Orchard Pig: Millennials Missing Out on Quality Cuts as 76% Admit Kitchen Nerves Hold Them Back
LONDON, Oct. 13, 2025 /PRNewswire/ -- New research released from Orchard Pig cider uncovers a growing appetite for quality meat, with a quarter (25%) of Brits visiting their local butcher more than ever before.
While interest is growing, confidence in the kitchen still lags behind. One in five Brits (20%) admit they're butcher-shy, as they confess to feeling unsure when discussing specific cuts such as ribeye, pork shoulder, or lamb shank. For 8% of Brits, this nervousness is enough to avoid their local butcher altogether.
Despite those nerves, Brits are keen to up their kitchen game. Over half (51%) say they'd use premium ingredients more often if they weren't worried about getting it wrong. Millennials are the least confident, with 76% held back by a lack of know-how, followed by 63% of Gen Z. In contrast, just 35% of baby boomers feel the same.
The research found that around a third (31%) of millennials say a step-by-step masterclass or expert advice on choosing the right cut of meat would boost their confidence in cooking with premium ingredients.
To help turn curiosity into confidence, premium cider brand Orchard Pig has teamed up with Perry's Butchers to provide top tips that will inspire Brits and boost their confidence at the butcher's counter and when handling premium ingredients.
Confidence at the counter! Tips from Perry of Perry's Butchers:
1. Not sure where to start? If you want flavour and value, skip the usual suspects. Ask for underrated cuts like onglet, bavette, or flat iron steak. They're budget-friendly but packed with flavour - perfect for beginners wanting to try something new without breaking the bank.
2. Want to impress without spending a fortune? Try a hidden gem and ask your butcher about Denver steak. It comes from the chuck and is incredibly tender but still under the radar.
3. Cost conscious? Be honest about your budget. There's no need to feel awkward. Butchers are used to working within budgets and can suggest options that fit.
4. Cooking for a group? Here's your cheat sheet. As a rule of thumb, if you're cooking a roast or similar dish, allow 250g of meat per person.
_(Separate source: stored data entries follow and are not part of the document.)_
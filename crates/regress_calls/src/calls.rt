//! Calls on handles: what is held is taken out, asked, and put back.
ghost use Rattle.std.specs.Prelude.{◌≡◌, ◌≢◌, ◌≤◌, ◌↔◌, ◌⊎◌, ℕ, [], Option, IfOk, IfErr, IsTrue, OnErr, OnOk, Some, length, option_map, slice_get};
ghost use Rattle.regress_meaning.specs.Flags.{Options};
ghost use Rattle.regress_meaning.specs.Matches.{match_list};
ghost use Rattle.regress_meaning.specs.Offsets.{told, Begins};
ghost use Rattle.regress_meaning.specs.Pattern.{Pattern};
ghost use Rattle.regress_meaning.specs.Table.{Table};
ghost use Rattle.regress_programs.specs.declared.slots.Anchored.TheVariants.{No, Yes};
ghost use Rattle.regress.specs.declared.api.Regex.{Regex as RegexValue};
ghost use Rattle.regress.specs.Outcomes.{outcome_at};
ghost use Rattle.regress.specs.Standing.{names_of_regex};
ghost use Rattle.regress_calls.specs.Handles.{OfSearch, Nothing, content};
ghost use Rattle.regress_calls.specs.Ranges.{IsAnswerTo};
ghost use Rattle.regress_calls.specs.Many.{FoundAsManyAsFit, FoundMany};
ghost use Rattle.regress_calls.specs.Refusals.{MayRefuseBound, MayRefuseMany, MayRefuseSearch};
ghost use Rattle.regress_calls.specs.Stopping.{bound_of};
ghost use Rattle.regress_calls.specs.Texts.{reading_of_text, kind_of_text, units_of_text, IsOfItsKind, StandsIn};

use crate::held::Held;
use crate::slot::Slot;
use crate::text::Text;
use crate::text_range::TextRange;
use regress_call_errors::CallError;
use std::alloc::Global;

/// Frees what a handle holds, if it holds anything.
pub fn free(alloc: Global, slot: &mut Slot)
    ensures { content slot.new.held ≡ Nothing }
{
    drop(slot.take(alloc));
}

/// The bound that a number of steps stands for: the greatest number there is stands for none.
fn bound(steps: usize) -> Option<usize>
    ensures { result ≡ bound_of steps }
{
    if steps < usize::MAX {
        Some(steps)
    } else {
        None
    }
}

/// Bounds the steps of the search that is held.
fn bound_held(held: &mut Held, steps: usize) -> Result<(), CallError>
    ensures set { (r : RegexValue) → (bound : Option ℕ) → content (Some held.old) ≡ OfSearch r bound →
        (result ≡ Ok tt) × (content (Some held.new) ≡ OfSearch r (bound_of steps)) }
    ensures refused { IfErr result (MayRefuseBound (content (Some held.old))) }
    ensures untouched { OnErr result (content (Some held.new) ≡ content (Some held.old)) }
{
    match held {
        Held::Search(search) => {
            search.set_max_steps(bound(steps));
            Ok(())
        }
        _ => Err(CallError::WrongHandle),
    }
}

/// Bounds how many steps the search for a match may take by the search that a handle holds; the greatest number takes the bound
/// away. Refused as `WrongHandle` where it holds no search.
pub fn set_max_steps(alloc: Global, slot: &mut Slot, steps: usize) -> Result<(), CallError>
    ensures set { (r : RegexValue) → (bound : Option ℕ) → content slot.old.held ≡ OfSearch r bound →
        (result ≡ Ok tt) × (content slot.new.held ≡ OfSearch r (bound_of steps)) }
    ensures refused { IfErr result (MayRefuseBound (content slot.old.held)) }
    ensures untouched { OnErr result (content slot.new.held ≡ content slot.old.held) }
{
    let mut held = slot.take(alloc).ok_or(CallError::WrongHandle)?;
    let done = bound_held(&mut held, steps);
    slot.put(alloc, held);
    done
}

/// Finds the first match from `start` on, by the search that is held.
fn find_held(
    held: &mut Held,
    text: Text<'_>,
    start: usize,
    ranges: &mut [TextRange],
) -> Result<usize, CallError>
    requires kind { IsOfItsKind text }
    requires start { (place : ℕ) × Begins (reading_of_text text) start place }
    ensures found { (r : RegexValue) → (bound : Option ℕ) → content (Some held.old) ≡ OfSearch r bound →
        (t : Table) → (o : Options) → (p : Pattern) → StandsIn text.entry r t o p →
        (place : ℕ) → Begins (reading_of_text text.entry) start place →
        IfOk result (λ count. IsAnswerTo (length (names_of_regex r))
        (option_map (told (reading_of_text text.entry)) (slice_get (match_list t o p (reading_of_text text.entry).points place) 0))
        ranges.old count ranges.new) }
    ensures few { IfOk result (λ count. count ≤ 65536) }
    ensures kept { content (Some held.new) ≡ content (Some held.old) }
    ensures refused { IfErr result (MayRefuseSearch (content (Some held.old)) No (kind_of_text text.entry) (units_of_text text.entry) start) }
    ensures untouched { OnErr result (ranges.new ≡ ranges.old) }
{
    match held {
        Held::Search(search) => Ok(search.find(text, start, ranges)?),
        _ => Err(CallError::WrongHandle),
    }
}

/// Finds the first match in a text from `start` on, by the search that a handle holds, as `Search::find` does.
///
/// Refused as `WrongHandle` where it holds no search, as `BadStart` where no search may begin there, as `OutOfMemory`, and as
/// `TooManySteps` where the search would take more steps than it may.
pub fn find(
    alloc: Global,
    slot: &mut Slot,
    text: Text<'_>,
    start: usize,
    ranges: &mut [TextRange],
) -> Result<usize, CallError>
    requires { IsOfItsKind text }
    ensures found { (r : RegexValue) → (bound : Option ℕ) → content slot.old.held ≡ OfSearch r bound →
        (t : Table) → (o : Options) → (p : Pattern) → StandsIn text.entry r t o p →
        (place : ℕ) → Begins (reading_of_text text.entry) start place →
        IfOk result (λ count. IsAnswerTo (length (names_of_regex r))
        (option_map (told (reading_of_text text.entry)) (slice_get (match_list t o p (reading_of_text text.entry).points place) 0))
        ranges.old count ranges.new) }
    ensures few { IfOk result (λ count. count ≤ 65536) }
    ensures kept { content slot.new.held ≡ content slot.old.held }
    ensures refused { IfErr result (MayRefuseSearch (content slot.old.held) No (kind_of_text text.entry) (units_of_text text.entry) start) }
    ensures untouched { OnErr result (ranges.new ≡ ranges.old) }
{
    if !text.is_start(start) {
        return Err(CallError::BadStart);
    }
    let mut held = slot.take(alloc).ok_or(CallError::WrongHandle)?;
    let found = find_held(&mut held, text, start, ranges);
    slot.put(alloc, held);
    found
}

/// Finds the match that begins at `start`, by the search that is held.
fn match_at_held(
    held: &mut Held,
    text: Text<'_>,
    start: usize,
    ranges: &mut [TextRange],
) -> Result<usize, CallError>
    requires kind { IsOfItsKind text }
    requires start { (place : ℕ) × Begins (reading_of_text text) start place }
    ensures found { (r : RegexValue) → (bound : Option ℕ) → content (Some held.old) ≡ OfSearch r bound →
        (t : Table) → (o : Options) → (p : Pattern) → StandsIn text.entry r t o p →
        (place : ℕ) → Begins (reading_of_text text.entry) start place →
        IfOk result (λ count. IsAnswerTo (length (names_of_regex r))
        (option_map (told (reading_of_text text.entry)) (outcome_at t o p (reading_of_text text.entry).points place))
        ranges.old count ranges.new) }
    ensures few { IfOk result (λ count. count ≤ 65536) }
    ensures kept { content (Some held.new) ≡ content (Some held.old) }
    ensures refused { IfErr result (MayRefuseSearch (content (Some held.old)) Yes (kind_of_text text.entry) (units_of_text text.entry) start) }
    ensures untouched { OnErr result (ranges.new ≡ ranges.old) }
{
    match held {
        Held::Search(search) => Ok(search.match_at(text, start, ranges)?),
        _ => Err(CallError::WrongHandle),
    }
}

/// Finds the match that begins at `start`, by the search that a handle holds, as `Search::match_at` does. Refused as `find` is.
pub fn match_at(
    alloc: Global,
    slot: &mut Slot,
    text: Text<'_>,
    start: usize,
    ranges: &mut [TextRange],
) -> Result<usize, CallError>
    requires { IsOfItsKind text }
    ensures found { (r : RegexValue) → (bound : Option ℕ) → content slot.old.held ≡ OfSearch r bound →
        (t : Table) → (o : Options) → (p : Pattern) → StandsIn text.entry r t o p →
        (place : ℕ) → Begins (reading_of_text text.entry) start place →
        IfOk result (λ count. IsAnswerTo (length (names_of_regex r))
        (option_map (told (reading_of_text text.entry)) (outcome_at t o p (reading_of_text text.entry).points place))
        ranges.old count ranges.new) }
    ensures few { IfOk result (λ count. count ≤ 65536) }
    ensures kept { content slot.new.held ≡ content slot.old.held }
    ensures refused { IfErr result (MayRefuseSearch (content slot.old.held) Yes (kind_of_text text.entry) (units_of_text text.entry) start) }
    ensures untouched { OnErr result (ranges.new ≡ ranges.old) }
{
    if !text.is_start(start) {
        return Err(CallError::BadStart);
    }
    let mut held = slot.take(alloc).ok_or(CallError::WrongHandle)?;
    let found = match_at_held(&mut held, text, start, ranges);
    slot.put(alloc, held);
    found
}

/// Whether there is a match in a text from `start` on, by the search that a handle holds. Refused as `find` is.
pub fn is_match(
    alloc: Global,
    slot: &mut Slot,
    text: Text<'_>,
    start: usize,
) -> Result<bool, CallError>
    requires { IsOfItsKind text }
    ensures found { (r : RegexValue) → (bound : Option ℕ) → content slot.old.held ≡ OfSearch r bound →
        (t : Table) → (o : Options) → (p : Pattern) → StandsIn text.entry r t o p →
        (place : ℕ) → Begins (reading_of_text text.entry) start place →
        IfOk result (λ found. IsTrue found ↔ (match_list t o p (reading_of_text text.entry).points place ≢ [])) }
    ensures kept { content slot.new.held ≡ content slot.old.held }
    ensures refused { IfErr result (MayRefuseSearch (content slot.old.held) No (kind_of_text text.entry) (units_of_text text.entry) start) }
{
    let count = find(alloc, slot, text, start, &mut [])?;
    Ok(count > 0)
}

/// Finds matches one after another, by the search that a handle holds, as `Search::find_many` does.
///
/// Refused as `NoRoom` where a match takes no range, or more than there are, and else as `find` is.
pub fn find_many(
    alloc: Global,
    slot: &mut Slot,
    text: Text<'_>,
    start: &mut usize,
    ranges: &mut [TextRange],
    width: usize,
    found: &mut usize,
) -> Result<(), CallError>
    requires { IsOfItsKind text }
    ensures found { (r : RegexValue) → (bound : Option ℕ) → content slot.old.held ≡ OfSearch r bound →
        (t : Table) → (o : Options) → (p : Pattern) → StandsIn text.entry r t o p →
        (place : ℕ) → Begins (reading_of_text text.entry) start.old place →
        OnOk result (FoundAsManyAsFit (reading_of_text text.entry) (match_list t o p (reading_of_text text.entry).points)
        (length (names_of_regex r)) width place found.new start.new ranges.new) }
    ensures before { (r : RegexValue) → (bound : Option ℕ) → content slot.old.held ≡ OfSearch r bound →
        (t : Table) → (o : Options) → (p : Pattern) → StandsIn text.entry r t o p →
        (place : ℕ) → Begins (reading_of_text text.entry) start.old place →
        (result ≡ Err CallError.OutOfMemory) ⊎ (result ≡ Err CallError.TooManySteps) → FoundMany (reading_of_text text.entry) (match_list t o p (reading_of_text text.entry).points)
        (length (names_of_regex r)) width place found.new start.new ranges.new }
    ensures kept { content slot.new.held ≡ content slot.old.held }
    ensures refused { IfErr result (MayRefuseMany (content slot.old.held) (kind_of_text text.entry) (units_of_text text.entry) start.old start.new (length ranges.old) width) }
{
    if width == 0 || width > ranges.len() {
        return Err(CallError::NoRoom);
    }
    if !text.is_start(*start) {
        return Err(CallError::BadStart);
    }
    let mut held = slot.take(alloc).ok_or(CallError::WrongHandle)?;
    let done = match &mut *held {
        Held::Search(search) => search
            .find_many(text, start, ranges, width, found)
            .map_err(CallError::from),
        _ => Err(CallError::WrongHandle),
    };
    slot.put(alloc, held);
    done
}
Your butcher can help you size up and suggest cuts that suit the occasion.
To provide Brits with an extra confidence boost, Orchard Pig is hosting a limited-edition public butchery and sausage-making masterclass at Perry's Butchers on Saturday 11th October and Sunday 12th October, and people can secure free tickets for the event via Eventbrite: Butcher's Block Party - Sausage-Making Workshop & Butchery Masterclass Tickets, Multiple Dates | Eventbrite
Michael McAdam, brand manager at Orchard Pig, added, "We've always valued bold flavours and quality ingredients, and we want to inspire people across the UK to feel confident using premium produce. That's why we're celebrating the return of real butchery with a hands-on, limited-time masterclass in partnership with Perry's Butchers which we hope encourages those Brits looking for some extra support when it comes to handling premium ingredients."